Three years ago, I went on something of a James Cameron binge. First I saw all of the Terminator movies, including the two that he directed, in anticipation of the then-new Terminator Salvation. Then I made a point of watching all of his other films prior to the release of Avatar — all, that is, except Titanic (1997).
I’m not sure entirely why I skipped that particular film, which I hadn’t seen since its original theatrical release. But I finally got around to seeing it today — in 3D, of course — and I was struck by two small elements that touch, however briefly, on themes that you can find across Cameron’s work as a whole.
First, the prologue includes a bit where one of Bill Paxton’s assistants guides a remote underwater probe, using hand-held controls that look remarkably like the hand-held controls that have guided other mechanical extensions to the human body in Cameron films going all the way back to Xenogenesis (1978).
Second, when Leonardo DiCaprio’s character is asked whether he likes his “rootless” existence, he replies:
Yes, ma’am, I do. I mean, I’ve got everything I need right here with me. I got air in my lungs and a few blank sheets of paper. I love waking up in the morning not knowing what’s going to happen or who I’m gonna meet or where I’m going to wind up.
And I find the “air in my lungs” bit particularly striking in light of the fact that the ability to breathe, and the importance thereof, is a recurring theme throughout Cameron’s films, especially his sci-fi efforts, as I have noted earlier.
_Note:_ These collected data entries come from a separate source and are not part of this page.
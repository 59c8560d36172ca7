//! The lines of a whole block.
ghost use Rattle.std.specs.Prelude.{◌≡◌, ◌≤◌, ◌++◌, ℕ, List, length, map};
ghost use Rattle.std.specs.Prelude.{IfOk, IfErr, IfSome, IfNone};
ghost use Rattle.ps_model.specs.Plain.{entry_of};
ghost use Rattle.parts.specs.Rings.{variables_of};
ghost use Rattle.printer.specs.ReadBlock.{variable_names, lead_forms, Form, IsFirstUnlawful};
ghost use Rattle.printer.specs.ReadWhole.{HasLead, HasBlock, IsStopped};

use crate::block_error::BlockError;
use crate::read_factors::read_factors;
use crate::read_lines::read_lead_line;
use crate::read_pieces::strip;
use crate::read_precision::read_precision;
use parts::{Ring, permitted};
use ps_model::{NameView, OutOfMemory, PlainTerm, Root};
use std::alloc::Global;

/// The precision of a block that was read, and the terms of its lead and of each factor, in the
/// order in which they are printed.
#[derive(Drop)]
pub struct BlockLines {
    pub precision: u32,
    pub lead: Vec<PlainTerm>,
    pub factors: Vec<Vec<PlainTerm>>,
}

/// Reads the line of the lead, where one is shown, and adds its terms to a list. Where the text
/// begins with no such line it is None.
fn read_lead<'a, N: NameView>(
    names: &N,
    ring: Ring,
    d: u32,
    lead: bool,
    text: &'a [u8],
    terms: &mut Vec<PlainTerm>,
) -> Result<Option<&'a [u8]>, OutOfMemory>
    requires named { variables_of ring ≤ length (N.names names.now) }
    requires low { d ≤ 4095 }
    ensures read { IfOk result (λ o. IfSome o (λ rest.
        HasLead ring (variable_names ring (N.names names.now)) d lead text.now
        (map entry_of terms.old.items) (map entry_of terms.new.items) rest.now)) }
    ensures none { IfOk result (λ o. IfNone o ((later : List Form) (i : ℕ) →
        IsFirstUnlawful ring (variable_names ring (N.names names.now)) d (lead_forms lead ++ later)
        text.now i i)) }
{
    if lead {
        read_lead_line(names, ring, d, text, terms)
    } else {
        Ok(Some(text))
    }
}

/// Reads the lines of a block with these roots, with a line of the lead where one is shown.
pub fn read_block_lines<N: NameView>(
    alloc: Global,
    names: &N,
    ring: Ring,
    roots: &[Root],
    lead: bool,
    text: &[u8],
) -> Result<BlockLines, BlockError>
    requires named { variables_of ring ≤ length (N.names names.now) }
    requires short { length text.now ≤ 1048577 }
    ensures read { IfOk result (λ b.
        HasBlock ring (variable_names ring (N.names names.now)) roots.now lead text.now b.precision
        (map entry_of b.lead.items) (map (λ f. map entry_of f.items) b.factors.items)) }
    ensures refused { IfErr result
        (IsStopped ring (variable_names ring (N.names names.now)) roots.now lead text.now) }
{
    let Some((precision, rest)) = read_precision(text) else {
        return Err(BlockError::NotABlock { line: 1 });
    };
    if !permitted(ring, precision) {
        return Err(BlockError::NotPermitted {
            precision: precision.min(4096),
        });
    }
    let Some(behind) = strip(rest, b"\n") else {
        return Err(BlockError::NotABlock { line: 1 });
    };
    let mut lead_terms = Vec::new(alloc);
    let Some(rest) = read_lead(names, ring, precision, lead, behind, &mut lead_terms)? else {
        return Err(BlockError::NotABlock { line: 2 });
    };
    let first = if lead { 3 } else { 2 };
    match read_factors(alloc, names, ring, precision, roots, rest)? {
        Ok(factors) => Ok(BlockLines {
            precision,
            lead: lead_terms,
            factors,
        }),
        Err(before) => Err(BlockError::NotABlock {
            line: first + before,
        }),
    }
}
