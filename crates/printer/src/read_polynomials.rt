//! Polynomials of the terms that were read.
ghost use Rattle.std.specs.Prelude.{◌≡◌, ℕ, List, map, IfOk};
ghost use Rattle.std.specs.List.{All};
ghost use Rattle.ps_model.specs.Plain.{entry_of};
ghost use Rattle.ps_model.specs.PlainLists.{key_order};
ghost use Rattle.printer.specs.ReadTermLists.{IsTermList, IsSortingOf, HasTerms, HaveTerms};

use ps_model::{OutOfMemory, PlainPoly, PlainTerm};
use std::alloc::Global;
use std::cmp::Ordering;

/// The order of two terms in a polynomial.
fn by_key(t: &PlainTerm, u: &PlainTerm) -> Ordering
    ensures { result ≡ key_order t.now u.now }
{
    u.y.cmp(&t.y).then(u.powers.cmp(&t.powers))
}

/// The terms, in the order of their keys.
fn sorted(alloc: Global, terms: &[PlainTerm]) -> Result<Vec<PlainTerm>, OutOfMemory>
    requires { IsTermList (map entry_of terms.now) }
    ensures { IfOk result (λ v. IsSortingOf (map entry_of terms.now) (map entry_of v.items)) }
{
    let mut sorted = Vec::from_slice(alloc, terms)?;
    sorted.sort_by(by_key)?;
    Ok(sorted)
}

/// The polynomial with these terms.
pub fn polynomial(alloc: Global, terms: &[PlainTerm]) -> Result<PlainPoly, OutOfMemory>
    requires { IsTermList (map entry_of terms.now) }
    ensures { IfOk result (λ p. HasTerms p (map entry_of terms.now)) }
{
    let sorted = sorted(alloc, terms)?;
    let mut polynomial = PlainPoly::new(alloc);
    for i in 0..sorted.len() {
        polynomial.push(sorted[i])?;
    }
    Ok(polynomial)
}

/// The polynomials with these lists of terms.
pub fn polynomials(alloc: Global, lists: &[Vec<PlainTerm>]) -> Result<Vec<PlainPoly>, OutOfMemory>
    requires { All IsTermList (map (λ f. map entry_of f.items) lists.now) }
    ensures { IfOk result (λ v. HaveTerms v.items (map (λ f. map entry_of f.items) lists.now)) }
{
    let mut polynomials = Vec::new(alloc);
    for i in 0..lists.len() {
        polynomials.push(polynomial(alloc, &lists[i])?)?;
    }
    Ok(polynomials)
}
There are other bits and pieces in Titanic that hark back to Cameron’s earlier films too, of course — the man who is distrusted by the authorities but gives up his life for the woman he just met is reminiscent of the original Terminator, and the woman who descends in an elevator to save someone who is trapped deep inside a doomed structure is reminiscent of Aliens — but these were the two that surprised me most.
I am also struck by the fact that the crewmembers in the crow’s nest are distracted by the sight of Kate and Leo kissing on the deck immediately before they, the crewmembers, spot the iceberg — and of course, by the time they actually look up and spot the iceberg, it is too late to save the ship. It is almost as though the film blames Kate and Leo’s reckless passion for the accident that sends 1,500 people, including Leo himself, to their doom. But it’s such a minor, easily overlooked detail, and there are so many other ways in which the film affirms their passion, that I wouldn’t make too much of this.